In another direction, by polling for button presses of a PS3 controller connected to the Jetson Nano by USB, we easily annotated activities for person instances at each time step interactively, like we did with the MuttMentor.

This makes an ideal prototyping and data gathering platform for Human Activity Recognition, Human Object Interaction, and Scene Understanding tasks with ActionAI, a Jetson Nano, a USB Camera and the PS3 controller's rich input interface.

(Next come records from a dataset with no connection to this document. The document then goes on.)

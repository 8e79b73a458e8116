//! The command that words are.

ghost use Rattle.std.specs.Prelude.{◌≡◌, true, is_some, map, string_bytes, option_map, IfOk, OnErr};
ghost use Rattle.spec_deal.specs.Commands as spec;
ghost use Rattle.spec_chain.specs.Commands as chains;
ghost use Rattle.spec_chain.specs.Commands.{on_deal};
ghost use Rattle.deal_command.specs.Seen.{command};

use crate::command::DealCommand;
use spec_data::OutOfMemory;
use std::alloc::Global;
use tool_which::which_of;

fn keys_words(words: &[String]) -> Option<DealCommand<'_>>
    ensures { option_map command result ≡ option_map on_deal (spec.keys_words (map string_bytes words.now)) }
{
    match words {
        [contract] => Some(DealCommand::Keys(contract.as_str())),
        _ => None,
    }
}

fn plan_words(words: &[String]) -> Option<DealCommand<'_>>
    ensures { option_map command result ≡ option_map on_deal (spec.plan_words (map string_bytes words.now)) }
{
    match words {
        [contract, deal] => Some(DealCommand::Plan(contract.as_str(), deal.as_str())),
        _ => None,
    }
}

fn psbt_words(alloc: Global, words: &[String]) -> Result<Option<DealCommand<'_>>, OutOfMemory>
    ensures command { IfOk result (λ c. option_map command c ≡ option_map on_deal (spec.psbt_words (map string_bytes words.now))) }
    ensures memory { OnErr result (is_some (spec.psbt_words (map string_bytes words.now)) ≡ true) }
{
    match words {
        [contract, deal] => Ok(Some(DealCommand::Psbts(contract.as_str(), deal.as_str()))),
        [contract, deal, word] => match which_of(alloc, word.as_str())? {
            None => Ok(None),
            Some(which) => Ok(Some(DealCommand::Psbt(contract.as_str(), deal.as_str(), which))),
        },
        _ => Ok(None),
    }
}

fn missing_words(words: &[String]) -> Option<DealCommand<'_>>
    ensures { option_map command result ≡ option_map on_deal (spec.missing_words (map string_bytes words.now)) }
{
    match words {
        [contract, deal, signatures] => {
            Some(DealCommand::Missing(contract.as_str(), deal.as_str(), signatures.as_str()))
        }
        _ => None,
    }
}

fn held_words(words: &[String]) -> Option<DealCommand<'_>>
    ensures { option_map command result ≡ option_map on_deal (spec.held_words (map string_bytes words.now)) }
{
    match words {
        [contract, deal, signatures] => {
            Some(DealCommand::Held(contract.as_str(), deal.as_str(), signatures.as_str()))
        }
        _ => None,
    }
}

fn finish_words(alloc: Global, words: &[String]) -> Result<Option<DealCommand<'_>>, OutOfMemory>
    ensures command { IfOk result (λ c. option_map command c ≡ option_map on_deal (spec.finish_words (map string_bytes words.now))) }
    ensures memory { OnErr result (is_some (spec.finish_words (map string_bytes words.now)) ≡ true) }
{
    match words {
        [contract, deal, word, signatures] => match which_of(alloc, word.as_str())? {
            None => Ok(None),
            Some(which) => Ok(Some(DealCommand::Finish(
                contract.as_str(),
                deal.as_str(),
                which,
                signatures.as_str(),
            ))),
        },
        [contract, deal, word, signatures, secrets] => match which_of(alloc, word.as_str())? {
            None => Ok(None),
            Some(which) => Ok(Some(DealCommand::FinishWith(
                contract.as_str(),
                deal.as_str(),
                which,
                signatures.as_str(),
                secrets.as_str(),
            ))),
        },
        _ => Ok(None),
    }
}

fn fund_words(words: &[String]) -> Option<DealCommand<'_>>
    ensures { option_map command result ≡ option_map on_deal (spec.fund_words (map string_bytes words.now)) }
{
    match words {
        [contract, deal] => Some(DealCommand::Fund(contract.as_str(), deal.as_str())),
        _ => None,
    }
}

fn warn_words(words: &[String]) -> Option<DealCommand<'_>>
    ensures { option_map command result ≡ option_map on_deal (spec.warn_words (map string_bytes words.now)) }
{
    match words {
        [contract, deal] => Some(DealCommand::Warn(contract.as_str(), deal.as_str())),
        [contract, deal, secrets] => {
            Some(DealCommand::WarnWith(contract.as_str(), deal.as_str(), secrets.as_str()))
        }
        _ => None,
    }
}

fn ready_words(words: &[String]) -> Option<DealCommand<'_>>
    ensures { option_map command result ≡ option_map on_deal (spec.ready_words (map string_bytes words.now)) }
{
    match words {
        [contract, deal, signatures] => {
            Some(DealCommand::Ready(contract.as_str(), deal.as_str(), signatures.as_str()))
        }
        [contract, deal, signatures, secrets] => Some(DealCommand::ReadyWith(
            contract.as_str(),
            deal.as_str(),
            signatures.as_str(),
            secrets.as_str(),
        )),
        _ => None,
    }
}

fn endorse_words(words: &[String]) -> Option<DealCommand<'_>>
    ensures { option_map command result ≡ option_map on_deal (spec.endorse_words (map string_bytes words.now)) }
{
    match words {
        [contract, deal, party] => {
            Some(DealCommand::Endorse(contract.as_str(), deal.as_str(), party.as_str()))
        }
        _ => None,
    }
}

fn hashes_words(words: &[String]) -> Option<DealCommand<'_>>
    ensures { option_map command result ≡ option_map on_deal (spec.hashes_words (map string_bytes words.now)) }
{
    match words {
        [contract, secrets] => Some(DealCommand::Hashes(contract.as_str(), secrets.as_str())),
        _ => None,
    }
}

fn show_words(words: &[String]) -> Option<DealCommand<'_>>
    ensures { option_map command result ≡ chains.show_words (map string_bytes words.now) }
{
    match words {
        [contract, deal] => Some(DealCommand::Show(contract.as_str(), deal.as_str())),
        _ => None,
    }
}

fn state_words(words: &[String]) -> Option<DealCommand<'_>>
    ensures { option_map command result ≡ chains.state_words (map string_bytes words.now) }
{
    match words {
        [contract, deal, chain, signatures] => Some(DealCommand::State(
            contract.as_str(),
            deal.as_str(),
            chain.as_str(),
            signatures.as_str(),
        )),
        [contract, deal, chain, signatures, secrets] => Some(DealCommand::StateWith(
            contract.as_str(),
            deal.as_str(),
            chain.as_str(),
            signatures.as_str(),
            secrets.as_str(),
        )),
        _ => None,
    }
}

/// The command that words are, if they are one. Of words that are none no memory is asked.
pub fn command_of(alloc: Global, words: &[String]) -> Result<Option<DealCommand<'_>>, OutOfMemory>
    ensures command { IfOk result (λ c. option_map command c ≡ chains.chain_command_of (map string_bytes words.now)) }
    ensures memory { OnErr result (is_some (chains.chain_command_of (map string_bytes words.now)) ≡ true) }
{
    let [word, rest @ ..] = words else {
        return Ok(None);
    };
    match word.as_str() {
        "keys" => Ok(keys_words(rest)),
        "plan" => Ok(plan_words(rest)),
        "psbt" => psbt_words(alloc, rest),
        "missing" => Ok(missing_words(rest)),
        "held" => Ok(held_words(rest)),
        "finish" => finish_words(alloc, rest),
        "fund" => Ok(fund_words(rest)),
        "warn" => Ok(warn_words(rest)),
        "ready" => Ok(ready_words(rest)),
        "endorse" => Ok(endorse_words(rest)),
        "hashes" => Ok(hashes_words(rest)),
        "show" => Ok(show_words(rest)),
        "state" => Ok(state_words(rest)),
        _ => Ok(None),
    }
}
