//! The nodes of a contract by number.

ghost use Rattle.std.specs.Prelude.{◌≡◌, ◌+◌, ◌<◌, ◌^◌, [], ◌∷◌, ◌++◌, Some, length, map, min, slice_get, slice_set, OnOk};
ghost use Rattle.std.specs.Option.{option_map};
ghost use Rattle.bm_arena.specs.NodeView.{node_view, branches_in};

use crate::node::Node;
use spec_data::OutOfMemory;
use std::alloc::Global;
use std::marker::Model;

/// The nodes of a contract: node 0 is its own choice, each choice stands before its branches, and all follow the order of
/// the text. Contracts see an arena as the list of its nodes.
pub struct Arena {
    nodes: Vec<Node>,
}

impl Model for Arena {
    ghost use Rattle.std.specs.Prelude.{List, map, length, ◌<◌, ◌^◌};
    ghost use Rattle.spec_nodes.specs.Nodes.{Node as NodeValue};
    ghost use Rattle.spec_nodes.specs.NodeCode.{coded_node};
    ghost use Rattle.bm_arena.specs.NodeView.{node_view};
    ghost use Rattle.std.specs.Coded.{coded_list};
    ghost use Rattle.spec_terms.specs.contracts.path.PathStep as step;

    ghost Value = { List NodeValue };

    ghost coded = { coded_list (coded_node step.the_row.coded) };

    ghost view = { λ a. map node_view a.nodes.items };

    ghost invariant = { λ a. length a.nodes.items < 2 ^ 32 };
}

impl Drop for Arena {
    fn drop(self) {
        let Arena { nodes: _ } = self;
    }
}

// How many branches a choice's node has.
fn listed(node: &Node) -> usize
    ensures { result ≡ branches_in (Some (node_view node.now)) }
{
    match node {
        Node::Choice { branches, .. } => branches.len(),
        Node::Branch { .. } => 0,
    }
}

impl Arena {
    // No node.
    pub(crate) fn new(alloc: Global) -> Arena
        ensures { result ≡ [] }
    {
        Arena {
            nodes: Vec::new(alloc),
        }
    }

    // One more node, after all others.
    pub(crate) fn push(&mut self, node: Node) -> Result<(), OutOfMemory>
        requires { length self.old + 1 < 2 ^ 32 }
        ensures { OnOk result (self.new ≡ self.old ++ node_view node ∷ []) }
    {
        self.nodes.push(node)?;
        Ok(())
    }

    // Another node in the place of this number.
    pub(crate) fn set(&mut self, number: u32, node: Node)
        requires { number < length self.old }
        ensures { self.new ≡ slice_set self.old number (node_view node) }
    {
        self.nodes[number as usize] = node;
    }

    /// How many nodes there are.
    pub fn len(&self) -> u32
        ensures { result ≡ length self.now }
    {
        self.nodes.len() as u32
    }

    /// All nodes: the one of number n stands at index n.
    pub fn nodes(&self) -> &[Node]
        ensures { map node_view result.now ≡ self.now }
    {
        self.nodes.as_slice()
    }

    /// The node of this number, if there is one.
    pub fn node(&self, number: u32) -> Option<&Node>
        ensures { option_map (λ n. node_view n.now) result ≡ slice_get self.now number }
    {
        self.nodes.get(number as usize)
    }

    /// How many branches the choice of this number has, but no more than there are nodes.
    pub fn listed_at(&self, number: u32) -> u32
        ensures { result ≡ min (branches_in (slice_get self.now number)) (length self.now) }
    {
        match self.node(number) {
            Some(node) => listed(node).min(self.len() as usize) as u32,
            None => 0,
        }
    }
}
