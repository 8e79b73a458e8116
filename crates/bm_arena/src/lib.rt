//! A contract as a list of numbered nodes, one for each choice and branch, in the order of its text. The compiler and
//! the runs walk this list by number in place of the tree; a path of the text leads to a number.
#![tactic(auto)]

pub mod arena;
mod building;
mod finding;
pub mod node;

pub use arena::Arena;
pub use bm_syntax::{Contract, Name, Path, PathStep, Pred};
pub use node::{Core, Node};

In YogAI, we found sequences of pose estimates to be powerful features in recognizing motions from relatively few samples. In ActionAI, by running model update steps inline with image acquisition and PS3 controller annotation, we can implement a demo similar to the teachable machine.

Future Directions

We can use ActionAI to demo our own invisible keyboard learning to associate patterns in hand keypoints with text using a keystroke logger! MediaPipe and TensorFlow.js provide a model for face and hand pose tracking.

Or we can associate the movements of facial keypoints with spoken word! By demuxing video and using Automatic Speech Recognition to convert speech to text, we can apply ActionAI to learn to read lips.

Here, we experiment with facial key points, finding temporal inconsistencies in the eyebrows generated with deep fakes as part of Kaggle's DeepFake Challenge.

real eyebrows don't do that!

Besides additional key point models, we can introduce the context of image texture & color with a descriptor for each trackable person object. This can help perform more robust tracking, but also to improve activity recognition.

In Facebook's SlowFast, researchers structured two video processing pathways, modeled on the human vision system, to achieve a state-of-the-art in video recognition.

The dual pathways helped to efficiently process color & texture features less frequently, while analyzing motion-based information at a higher frequency.

We can introduce a similar slow-fast modeling paradigm by adding new methods to our trackers configured to run at different frequencies. Then ActionAI can incorporate the additional slowly-varying context of color and texture to perform action recognition.

ActionAI has worked well in running secondary LSTM-based classifiers to recognize activity from sequences of key point features in time. However, we can introduce methods to render spectrograms for Fourier smoothing of this sequence before running a CNN-based action recognition model.

Finally, by developing a gstreamer plugin, we can achieve higher performance and generalize this work further while integrating this approach more seamlessly within applications developed using the Deepstream SDK.